Me pregunto, quizá con cierta ingenuidad, qué tiene que ocurrir para que el presidente de un gobierno democrático contribuya a despejar las dudas que pesan sobre su gestión y su honorabilidad. Echar balones fuera y refugiarse en el habitual “y tú más” difícilmente ayuda a salir indemne de una situación tan enrevesada. Lo que en un principio algunos consideraron simples patrañas o exageraciones se ha ido transformando, con el paso del tiempo, en una sucesión de hechos difíciles de ignorar. Y uno ya no sabe qué más tendría que suceder. En muchas democracias avanzadas, especialmente en los países nórdicos, la dimisión se ha normalizado como una muestra de responsabilidad política ante la más mínima negligencia. Aferrarse al poder como a un clavo ardiendo puede resultar contraproducente. Primero, por la imagen de deterioro institucional que proyecta; segundo, porque acaba erosionando al propio partido. Lo digo con pesar, ya que siempre lo he votado. Hoy lo veo desgastado por la acumulación de errores, escándalos, promesas incumplidas y una preocupante incapacidad para alcanzar consensos básicos. Tampoco deseo que el remedio resulte peor que la enfermedad. Ese temor, legítimo y compartido por muchos, no debería convertirse en una coartada para la inacción. Una democracia sana exige asumir riesgos y aceptar la alternancia cuando las circunstancias lo demandan. Cuando cayó el gobierno anterior mediante una moción de censura plenamente legítima, muchos lo celebramos porque era necesario poner fin a una situación insostenible. Sin embargo, ahora asistimos a dinámicas que recuerdan demasiado a aquellas que entonces se denunciaban. Por eso resulta difícil no percibir una amarga ironía al escuchar a algunos antiguos responsables políticos pontificar sobre la corrupción. Al mismo tiempo, me resisto a atrincherarme tras el muro ideológico que divide cada vez más a nuestro país, y quizá también a Europa y al mundo. Quienes defendemos la verdad, la responsabilidad y la decencia pública no deberíamos vernos obligados a elegir entre dos extremos. Ni la resignación ante los abusos ni la ausencia de normas constituyen una solución.

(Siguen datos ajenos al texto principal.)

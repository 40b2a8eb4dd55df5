//! Parts of a line, and what of a line is shown.
ghost use Rattle.std.specs.Prelude.{◌≡◌, ◌++◌, ◌≤◌, ◌+◌, length, OnOk};
ghost use Rattle.sequence_chart.specs.Words.{before as before_of, behind as behind_of, last_part as last_part_of, behind_parent as behind_parent_of, term_word as term_word_of, version_word as version_word_of, short_json as short_json_of, short_words as short_words_of, capped as capped_of};

use schedule_text::number_at;
use std::alloc::AllocError;
use text::Text;
use voting_config::cut;

/// What stands before the first such byte: all where there is none.
pub fn before(bytes: &[u8], at: u8) -> &[u8]
    ensures { result.now ≡ before_of at bytes.now }
{
    cut(bytes, at).0
}

/// What stands after the first such byte: nothing where there is none.
pub fn behind(bytes: &[u8], at: u8) -> &[u8]
    ensures { result.now ≡ behind_of at bytes.now }
{
    match cut(bytes, at).1 {
        Some(rest) => rest,
        None => &[],
    }
}

// What stands after the last such byte: all where there is none.
fn last_part(bytes: &[u8], at: u8) -> &[u8]
    ensures { result.now ≡ last_part_of at bytes.now }
{
    let (mut part, mut rest) = cut(bytes, at);
    while let Some(more) = rest {
        let next = cut(more, at);
        part = next.0;
        rest = next.1;
    }
    part
}

// What stands after the parent of a state written as JSON: an object, or none.
fn behind_parent(parent: &[u8]) -> &[u8]
    ensures { result.now ≡ behind_parent_of parent.now }
{
    if parent.starts_with(b"{") {
        behind(parent, b'}')
    } else {
        parent
    }
}

/// The word where a state written as JSON has its term.
pub fn term_word(json: &[u8]) -> &[u8]
    ensures { result.now ≡ term_word_of json.now }
{
    let parent = behind(behind(behind(json, b':'), b':'), b':');
    before(behind(behind_parent(parent), b':'), b',')
}

fn version_word(json: &[u8]) -> &[u8]
    ensures { result.now ≡ version_word_of json.now }
{
    before(last_part(json, b':'), b'}')
}

// A state is shown by its term and version, any other object as `{..}`.
fn short_json(text: &mut Text, json: &[u8]) -> Result<(), AllocError>
    ensures { OnOk result (text.new ≡ text.old ++ short_json_of json.now) }
{
    let Ok(term) = number_at(term_word(json), 0, u64::MAX) else {
        return text.word("{..}");
    };
    let Ok(version) = number_at(version_word(json), 0, u64::MAX) else {
        return text.word("{..}");
    };
    text.number(term)?;
    text.word("/")?;
    text.number(version)
}

/// Writes words of a trace, with the JSON at their end short.
pub fn short_words(text: &mut Text, words: &[u8]) -> Result<(), AllocError>
    ensures { OnOk result (text.new ≡ text.old ++ short_words_of words.now) }
{
    let json = behind(words, b'{');
    text.bytes(before(words, b'{'))?;
    if json.is_empty() {
        return Ok(());
    }
    short_json(text, json)
}

/// Writes bytes, or where they are too many the first of them and two dots.
pub fn write_capped(text: &mut Text, most: usize, bytes: &[u8]) -> Result<(), AllocError>
    ensures { OnOk result (text.new ≡ text.old ++ capped_of most bytes.now) }
{
    if bytes.len() <= most {
        return text.bytes(bytes);
    }
    text.bytes(&bytes[..most])?;
    text.word("..")
}
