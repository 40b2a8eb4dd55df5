//! What a leader has to do: the queue of clients' requests, the members that are to come and to go, and the next
//! cluster state that it makes of them.
#![tactic(auto)]

mod answering;
mod laws;
mod members;
mod next;
mod policy;
mod processing;
mod replies;
mod tasks;
mod waiting;

pub use answering::EXCLUSION_SPAN_MS;
pub use laws::{
    law_answered_or_left, law_left_are_good, law_next_answered_or_left, law_nothing_new,
    law_offered_are_good,
};
pub use next::{Next, Prepared};
pub use policy::Policy;
pub use replies::Replies;
pub use tasks::{Applied, MAX_OPEN, MasterTasks, OfferError};
pub use waiting::{Outgoing, Waiting};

La indiferencia social ante determinados comportamientos y la exageración interesada de otros alimentan la polarización y fortalecen los discursos más radicales. Debemos seguir siendo solidarios con quienes buscan refugio, oportunidades o una vida mejor. Pero también es razonable exigir que quienes llegan para integrarse rechacen con la misma firmeza a quienes pretenden quebrar la convivencia y erosionar la paz que Europa ha construido durante generaciones.

 *Tengo confianza en la justicia,  las instituciones y la moral de la gente. Aunque a veces te hagan dudar.




Comentarios

  1. Como bien dices, los que hemos votado toda la vida las políticas sociales, estamos estupefactos de cómo se están deteriorando las instituciones públicas, por inacción, porque no vale justificarlo todo con que somos la economia que mas crece de toda la eurozona (eso dice la macroeconomía, habría que preguntar a muchos hogares de este país cómo se las arregla). Pero también entiendo que el gobierno no quiera adelantar elecciones porque eso sería asumir la derrota cuando "todo va bien". Por eso creo que está en la responsabilidad ciudadana que esto no termine en catástrofe. Mi receta: votar nuevos partidos que se ciñan a tu ideología en las elecciones loco-regionales y votar al partido que se ciñe a tu parecer en las generales. O votar en blanco. Yo he sido un servidor público toda mi vida y me apena ver como todo lo público se deteriora.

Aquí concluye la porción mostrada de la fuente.